:: Material supplied

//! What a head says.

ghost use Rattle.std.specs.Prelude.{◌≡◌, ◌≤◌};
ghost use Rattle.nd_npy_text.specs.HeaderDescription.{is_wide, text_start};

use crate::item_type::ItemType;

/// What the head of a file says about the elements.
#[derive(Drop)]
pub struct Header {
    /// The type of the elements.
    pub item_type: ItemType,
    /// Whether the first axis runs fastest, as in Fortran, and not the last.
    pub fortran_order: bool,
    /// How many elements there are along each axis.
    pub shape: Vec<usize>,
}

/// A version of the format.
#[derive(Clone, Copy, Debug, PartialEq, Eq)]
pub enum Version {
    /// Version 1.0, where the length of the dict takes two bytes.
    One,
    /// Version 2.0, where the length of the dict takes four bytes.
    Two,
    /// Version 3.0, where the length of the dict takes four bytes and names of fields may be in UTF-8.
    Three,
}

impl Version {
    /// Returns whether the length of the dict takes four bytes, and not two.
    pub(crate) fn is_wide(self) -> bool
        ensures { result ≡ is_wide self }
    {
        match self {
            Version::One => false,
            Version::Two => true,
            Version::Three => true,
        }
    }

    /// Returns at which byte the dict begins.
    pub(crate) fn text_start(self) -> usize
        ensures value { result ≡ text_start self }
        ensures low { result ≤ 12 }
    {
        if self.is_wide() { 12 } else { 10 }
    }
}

::::
:: Material supplied

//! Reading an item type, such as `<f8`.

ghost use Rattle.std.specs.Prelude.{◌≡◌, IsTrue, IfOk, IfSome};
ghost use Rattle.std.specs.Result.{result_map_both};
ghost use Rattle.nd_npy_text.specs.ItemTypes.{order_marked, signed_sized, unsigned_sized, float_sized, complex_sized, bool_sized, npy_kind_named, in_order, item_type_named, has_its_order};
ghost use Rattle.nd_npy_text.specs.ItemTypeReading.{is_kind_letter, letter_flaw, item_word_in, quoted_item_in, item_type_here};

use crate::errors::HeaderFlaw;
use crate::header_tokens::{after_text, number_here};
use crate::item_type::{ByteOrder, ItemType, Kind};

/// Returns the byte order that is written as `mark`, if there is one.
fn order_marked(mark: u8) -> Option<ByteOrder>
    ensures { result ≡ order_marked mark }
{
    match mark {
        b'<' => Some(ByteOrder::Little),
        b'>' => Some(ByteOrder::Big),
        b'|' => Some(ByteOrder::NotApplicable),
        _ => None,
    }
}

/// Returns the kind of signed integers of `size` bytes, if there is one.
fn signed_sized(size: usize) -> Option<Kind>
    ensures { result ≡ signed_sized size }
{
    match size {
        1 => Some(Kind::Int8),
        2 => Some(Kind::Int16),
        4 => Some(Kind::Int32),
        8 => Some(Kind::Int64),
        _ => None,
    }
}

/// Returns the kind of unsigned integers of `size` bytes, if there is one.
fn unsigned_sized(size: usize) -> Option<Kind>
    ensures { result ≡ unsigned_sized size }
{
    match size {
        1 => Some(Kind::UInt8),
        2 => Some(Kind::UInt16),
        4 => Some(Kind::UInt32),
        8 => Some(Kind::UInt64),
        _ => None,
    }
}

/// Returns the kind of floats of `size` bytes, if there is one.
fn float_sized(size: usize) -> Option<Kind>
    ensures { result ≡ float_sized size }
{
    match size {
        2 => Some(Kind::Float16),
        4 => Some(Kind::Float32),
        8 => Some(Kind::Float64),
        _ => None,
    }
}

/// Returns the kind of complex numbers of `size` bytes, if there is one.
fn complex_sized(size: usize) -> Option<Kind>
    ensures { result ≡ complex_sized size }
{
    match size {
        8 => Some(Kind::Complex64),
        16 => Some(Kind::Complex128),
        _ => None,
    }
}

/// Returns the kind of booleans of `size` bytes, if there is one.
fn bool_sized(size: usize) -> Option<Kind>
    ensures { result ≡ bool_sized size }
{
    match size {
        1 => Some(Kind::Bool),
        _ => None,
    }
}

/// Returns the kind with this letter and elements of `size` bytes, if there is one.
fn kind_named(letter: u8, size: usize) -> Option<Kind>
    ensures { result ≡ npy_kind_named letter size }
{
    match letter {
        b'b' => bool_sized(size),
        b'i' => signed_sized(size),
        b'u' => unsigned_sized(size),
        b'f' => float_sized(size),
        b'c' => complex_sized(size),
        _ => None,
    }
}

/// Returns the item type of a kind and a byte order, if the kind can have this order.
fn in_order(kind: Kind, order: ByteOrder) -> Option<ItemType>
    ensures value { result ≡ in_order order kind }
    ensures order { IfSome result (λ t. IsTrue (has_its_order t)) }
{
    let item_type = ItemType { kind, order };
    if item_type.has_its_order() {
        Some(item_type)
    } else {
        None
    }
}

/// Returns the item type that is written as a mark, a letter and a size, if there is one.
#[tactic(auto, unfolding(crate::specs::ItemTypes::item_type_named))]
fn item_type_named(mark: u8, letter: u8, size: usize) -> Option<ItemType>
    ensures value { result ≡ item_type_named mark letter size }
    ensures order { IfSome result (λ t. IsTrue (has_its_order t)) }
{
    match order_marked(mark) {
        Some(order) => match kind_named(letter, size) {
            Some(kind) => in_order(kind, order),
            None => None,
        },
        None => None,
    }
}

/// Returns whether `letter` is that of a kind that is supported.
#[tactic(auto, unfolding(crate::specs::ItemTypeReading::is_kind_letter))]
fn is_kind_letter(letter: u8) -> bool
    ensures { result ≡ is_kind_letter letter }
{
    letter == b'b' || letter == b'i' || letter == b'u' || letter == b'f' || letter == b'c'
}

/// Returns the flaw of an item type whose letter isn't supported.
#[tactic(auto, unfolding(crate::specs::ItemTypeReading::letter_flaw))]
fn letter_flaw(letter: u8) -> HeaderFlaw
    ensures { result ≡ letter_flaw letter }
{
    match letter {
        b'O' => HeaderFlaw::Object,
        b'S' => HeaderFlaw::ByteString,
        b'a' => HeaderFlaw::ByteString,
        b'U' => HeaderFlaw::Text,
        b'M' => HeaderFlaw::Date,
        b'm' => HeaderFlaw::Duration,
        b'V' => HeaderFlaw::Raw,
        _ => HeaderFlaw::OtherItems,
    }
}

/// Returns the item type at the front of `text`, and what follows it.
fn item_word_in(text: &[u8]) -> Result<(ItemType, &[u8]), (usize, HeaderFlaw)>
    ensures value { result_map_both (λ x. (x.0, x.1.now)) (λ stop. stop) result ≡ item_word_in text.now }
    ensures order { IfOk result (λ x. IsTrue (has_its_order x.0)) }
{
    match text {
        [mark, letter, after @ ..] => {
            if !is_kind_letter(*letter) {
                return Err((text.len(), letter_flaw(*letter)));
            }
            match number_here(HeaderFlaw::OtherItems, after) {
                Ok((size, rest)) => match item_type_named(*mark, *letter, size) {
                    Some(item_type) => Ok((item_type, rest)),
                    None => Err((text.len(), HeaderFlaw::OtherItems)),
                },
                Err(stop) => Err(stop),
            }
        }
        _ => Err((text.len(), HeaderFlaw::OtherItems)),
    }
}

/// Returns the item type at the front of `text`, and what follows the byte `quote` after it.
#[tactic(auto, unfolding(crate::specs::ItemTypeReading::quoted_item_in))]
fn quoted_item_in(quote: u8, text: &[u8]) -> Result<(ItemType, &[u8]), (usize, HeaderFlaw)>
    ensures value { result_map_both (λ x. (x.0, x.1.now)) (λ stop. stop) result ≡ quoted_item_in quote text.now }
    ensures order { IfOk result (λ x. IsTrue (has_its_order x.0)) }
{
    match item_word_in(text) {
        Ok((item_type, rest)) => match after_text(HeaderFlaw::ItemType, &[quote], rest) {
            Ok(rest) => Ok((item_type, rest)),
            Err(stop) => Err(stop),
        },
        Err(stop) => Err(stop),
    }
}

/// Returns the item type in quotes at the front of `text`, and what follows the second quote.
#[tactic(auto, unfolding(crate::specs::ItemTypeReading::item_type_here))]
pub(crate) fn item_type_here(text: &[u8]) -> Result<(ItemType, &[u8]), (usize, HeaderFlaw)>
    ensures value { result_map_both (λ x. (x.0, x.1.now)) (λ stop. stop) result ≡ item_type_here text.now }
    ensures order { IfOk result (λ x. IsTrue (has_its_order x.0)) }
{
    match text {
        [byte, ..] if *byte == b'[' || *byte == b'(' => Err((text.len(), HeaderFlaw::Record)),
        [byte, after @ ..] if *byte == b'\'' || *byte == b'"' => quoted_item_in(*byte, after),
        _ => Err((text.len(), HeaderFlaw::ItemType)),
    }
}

::::

* **Problem to solve**
Would you please copy exactly the part of the entries above that begins at the line containing "a head says." and ends at the line containing "and not two.", both lines included?

* **Your response**
//! What a head says.

ghost use Rattle.std.specs.Prelude.{◌≡◌, ◌≤◌};
ghost use Rattle.nd_npy_text.specs.HeaderDescription.{is_wide, text_start};

use crate::item_type::ItemType;

/// What the head of a file says about the elements.
#[derive(Drop)]
pub struct Header {
    /// The type of the elements.
    pub item_type: ItemType,
    /// Whether the first axis runs fastest, as in Fortran, and not the last.
    pub fortran_order: bool,
    /// How many elements there are along each axis.
    pub shape: Vec<usize>,
}

/// A version of the format.
#[derive(Clone, Copy, Debug, PartialEq, Eq)]
pub enum Version {
    /// Version 1.0, where the length of the dict takes two bytes.
    One,
    /// Version 2.0, where the length of the dict takes four bytes.
    Two,
    /// Version 3.0, where the length of the dict takes four bytes and names of fields may be in UTF-8.
    Three,
}

impl Version {
    /// Returns whether the length of the dict takes four bytes, and not two.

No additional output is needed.